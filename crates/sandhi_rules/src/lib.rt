//! The rules of external sandhi (Huet 2005): a rule, and the set of the rules of a lexicon with the names of its phases,
//! its grammar text and its plain pairs.
//!
//! Proved: a `RuleSet` holds what it was given (`RuleSet::new`, `phases`, `grammar`, `plain`, `rules`, `rule`), always within
//! the limits and with different rules, which is the type's invariant; `is_plain` is membership in the plain pairs;
//! `leads` are the different pairs of `v` and `after` of the inner rules, rising, and `lead_of` is a rule's place there;
//! `Rule::is_strict`, `is_inner`, `is_final`, `may_follow` and `may_precede` are their definitions, as is
//! `Lead::may_precede`, and `print_rule` is the rule's notation. For those who read rules: `Rule::unlimited` and `Triple::of` are
//! theirs, `leads_of_rules` gives the leads of rules (`ok`), and `add_lead` puts a rule's lead in its place among them (`ok`);
//! `is_phase_name` is the test of a name, and `phase_named` gives the phase that has it (`named`).
#![tactic(auto)]

mod lead;
mod names;
mod plain_pairs;
mod printing;
mod rule;
mod rule_set;
mod sharing;
mod triple;

pub use lead::{Lead, add_lead};
pub use names::{is_phase_name, is_small_letter, phase_named};
pub use printing::print_rule;
pub use rule::Rule;
pub use rule_set::{RuleSet, leads_of_rules};
pub use sharing::rule_sets_are_shared;
pub use triple::Triple;
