ghost use Rattle.std.specs.Prelude.{◌≡◌, ◌≤◌, ◌↔◌, length, map, string_bytes, IsTrue, IsNone, IfSome, IfOk};
ghost use Rattle.lexicon_definitions.specs.Leads.{leads_of, IsLeadPlace};
ghost use Rattle.lexicon_definitions.specs.Lexicons.{IsRuleSet, IsPlain, rule_of};
ghost use Rattle.lexicon_definitions.specs.Limits.{IsRuleSetWithinLimits, IsShortRule};
ghost use Rattle.sandhi_rules.specs.LeadPlaces.{AreLeadPlaces};

use super::lead::{add_lead, place_of_lead};
use super::plain_pairs::PlainPairs;
use super::{Lead, Rule};
use lexicon_definitions::MOST_LEADS;
use phoneme::{Letter, Memory};
use std::alloc::Global;
use std::marker::Model;

/// Different names of phases, a grammar text over them, the plain pairs of letters, rising, and the rules, numbered
/// from 1, no two of which are the same triple; all within the limits of a rule set (rules after Huet 2005).
#[derive(Drop)]
pub struct RuleSet {
    phases: Vec<String>,
    grammar: Vec<u8>,
    plain: Vec<(Letter, Letter)>,
    rules: Vec<Rule>,
    leads: Vec<Lead>,
    lead_places: Vec<Option<u16>>,
    plain_pairs: PlainPairs,
}

impl Model for RuleSet {
    ghost use Rattle.std.specs.Prelude.{map, string_bytes};
    ghost use Rattle.lexicon_definitions.specs.Lexicons.{RuleSet as RuleSetValue};
    ghost use Rattle.sandhi_rules.specs.LeadPlaces.{IsRuleSetWithLookups};

    ghost Value = { RuleSetValue };

    ghost view = { λ r. record { names = map string_bytes r.phases.items; grammar = r.grammar.items; plain = r.plain.items; rules = r.rules.items } };

    ghost invariant = { λ r. IsRuleSetWithLookups (record { names = map string_bytes r.phases.items; grammar = r.grammar.items; plain = r.plain.items; rules = r.rules.items }) r.leads.items r.lead_places.items r.plain_pairs.allowed.items };
}

impl RuleSet {
    /// The rule set with these parts. The caller has tested that they are those of one, and within the limits.
    pub fn new(
        alloc: Global,
        phases: Vec<String>,
        grammar: Vec<u8>,
        plain: Vec<(Letter, Letter)>,
        rules: Vec<Rule>,
    ) -> Result<RuleSet, Memory>
        requires set { IsRuleSet (record { names = map string_bytes phases.items; grammar = grammar.items; plain = plain.items; rules = rules.items }) }
        requires limits { IsRuleSetWithinLimits (record { names = map string_bytes phases.items; grammar = grammar.items; plain = plain.items; rules = rules.items }) }
        ensures ok { IfOk result (λ set. set ≡ record { names = map string_bytes phases.items; grammar = grammar.items; plain = plain.items; rules = rules.items }) }
    {
        let leads = leads_of_rules(alloc, rules.as_slice())?;
        let lead_places = lead_places_of(alloc, leads.as_slice(), rules.as_slice())?;
        let plain_pairs = PlainPairs::of(alloc, plain.as_slice())?;
        Ok(RuleSet {
            phases,
            grammar,
            plain,
            rules,
            leads,
            lead_places,
            plain_pairs,
        })
    }

    /// The names of the phases, by number from 0.
    pub fn phases(&self) -> &[String]
        ensures { map string_bytes result.now ≡ self.now.names }
    {
        self.phases.as_slice()
    }

    /// The text of the phase grammar.
    pub fn grammar(&self) -> &[u8]
        ensures { result.now ≡ self.now.grammar }
    {
        self.grammar.as_slice()
    }

    /// The pairs of letters that may meet unchanged, rising.
    pub fn plain(&self) -> &[(Letter, Letter)]
        ensures { result.now ≡ self.now.plain }
    {
        self.plain.as_slice()
    }

    /// Whether the letters may meet unchanged, `x` before `y`.
    pub fn is_plain(&self, x: Letter, y: Letter) -> bool
        ensures { IsTrue result ↔ IsPlain self.now x y }
    {
        self.plain_pairs.has(x, y)
    }

    /// The rules; the first has the number 1.
    pub fn rules(&self) -> &[Rule]
        ensures value { result.now ≡ self.now.rules }
        ensures set { IsRuleSet self.now }
        ensures limits { IsRuleSetWithinLimits self.now }
    {
        self.rules.as_slice()
    }

    /// The rule with this number, counted from 1; `None` for 0, which stands for no change.
    pub fn rule(&self, number: u32) -> Option<&Rule>
        requires { number ≤ length self.now.rules }
        ensures none { IsNone result ↔ (number ≡ 0) }
        ensures some { IfSome result (λ rule. rule.now ≡ rule_of self.now number) }
        ensures short { IfSome result (λ rule. IsShortRule rule.now) }
    {
        if number == 0 {
            None
        } else {
            Some(&self.rules[number as usize - 1])
        }
    }
    /// The different leads of the inner rules, rising by `v` and then by the set of phases.
    pub fn leads(&self) -> &[Lead]
        ensures { result.now ≡ leads_of self.now.rules }
    {
        self.leads.as_slice()
    }

    /// Where the lead of the rule with this number, counted from 1, stands in `leads`, counted from 0. `None` exactly for a
    /// final rule.
    pub fn lead_of(&self, rule: u32) -> Option<u16>
        requires some { 1 ≤ rule }
        requires within { rule ≤ length self.now.rules }
        ensures { IsLeadPlace (leads_of self.now.rules) (rule_of self.now rule) result }
    {
        self.lead_places[rule as usize - 1]
    }
}

/// The different leads of the rules, rising.
pub fn leads_of_rules(alloc: Global, rules: &[Rule]) -> Result<Vec<Lead>, Memory>
    ensures ok { IfOk result (λ leads. leads.items ≡ leads_of rules.now) }
{
    let mut leads = Vec::new(alloc);
    for rule in rules {
        add_lead(alloc, &mut leads, rule)?;
    }
    Ok(leads)
}

/// The place of each rule's lead among the leads.
fn lead_places_of(alloc: Global, leads: &[Lead], rules: &[Rule]) -> Result<Vec<Option<u16>>, Memory>
    requires leads { leads.now ≡ leads_of rules.now }
    requires limit { length leads.now ≤ MOST_LEADS }
    ensures ok { IfOk result (λ places. AreLeadPlaces rules.now places.items) }
{
    let mut places = Vec::with_capacity(alloc, rules.len())?;
    for rule in rules {
        places.push(place_of_lead(leads, rule))?;
    }
    Ok(places)
}
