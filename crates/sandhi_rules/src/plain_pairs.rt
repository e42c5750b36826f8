ghost use Rattle.std.specs.Prelude.{◌≡◌, ◌↔◌, ℕ, ◌+◌, ◌*◌, ◌<◌, List, length, IsTrue, IfOk, Contains};
ghost use Rattle.sandhi_rules.specs.AllowedPairs.{AreAllowed};

use phoneme::{Letter, Memory};
use std::alloc::Global;

/// The codes of letters lie below this number.
const CODES: usize = 51;

/// Which pairs of letters may meet unchanged, each told by one look-up.
#[derive(Drop)]
pub(crate) struct PlainPairs {
    /// For each two codes, at their place, whether their letters may meet so.
    pub allowed: Vec<bool>,
}

/// The place of the two letters among all pairs of codes. Different pairs have different places, since codes are below 51.
fn place_of(x: Letter, y: Letter) -> usize
    ensures place { result ≡ 51 * x + y }
    ensures codes { (x < 51) × (y < 51) }
{
    CODES * x.code() as usize + y.code() as usize
}

impl PlainPairs {
    /// Only these pairs may meet unchanged. Refused only for want of memory.
    pub fn of(alloc: Global, pairs: &[(Letter, Letter)]) -> Result<PlainPairs, Memory>
        ensures ok { IfOk result (λ plain. AreAllowed pairs.now plain.allowed.items) }
    {
        let mut allowed = vec![in alloc; false; CODES * CODES]?;
        for (x, y) in pairs {
            allowed[place_of(*x, *y)] = true;
        }
        Ok(PlainPairs { allowed })
    }

    /// Whether the letters may meet unchanged, `x` before `y`.
    pub fn has(&self, x: Letter, y: Letter) -> bool
        requires { length self.now.allowed.items ≡ 51 * 51 }
        ensures { (pairs : List (ℕ × ℕ)) → AreAllowed pairs self.now.allowed.items → IsTrue result ↔ Contains pairs (x, y) }
    {
        self.allowed[place_of(x, y)]
    }
}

**Exercise objective**
Please print the lines from the start of the records up to and including the line with "is the test", copying each one exactly and leaving out the rest.

**Problem solution**
filename crates/sandhi_rules/src/lib.rt
//! The rules of external sandhi (Huet 2005): a rule, and the set of the rules of a lexicon with the names of its phases,
//! its grammar text and its plain pairs.
//!
//! Proved: a `RuleSet` holds what it was given (`RuleSet::new`, `phases`, `grammar`, `plain`, `rules`, `rule`), always within
//! the limits and with different rules, which is the type's invariant; `is_plain` is membership in the plain pairs;
//! `leads` are the different pairs of `v` and `after` of the inner rules, rising, and `lead_of` is a rule's place there;
//! `Rule::is_strict`, `is_inner`, `is_final`, `may_follow` and `may_precede` are their definitions, as is
//! `Lead::may_precede`, and `print_rule` is the rule's notation. For those who read rules: `Rule::unlimited` and `Triple::of` are
//! theirs, `leads_of_rules` gives the leads of rules (`ok`), and `add_lead` puts a rule's lead in its place among them (`ok`);
//! `is_phase_name` is the test of a name, and `phase_named` gives the phase that has it (`named`).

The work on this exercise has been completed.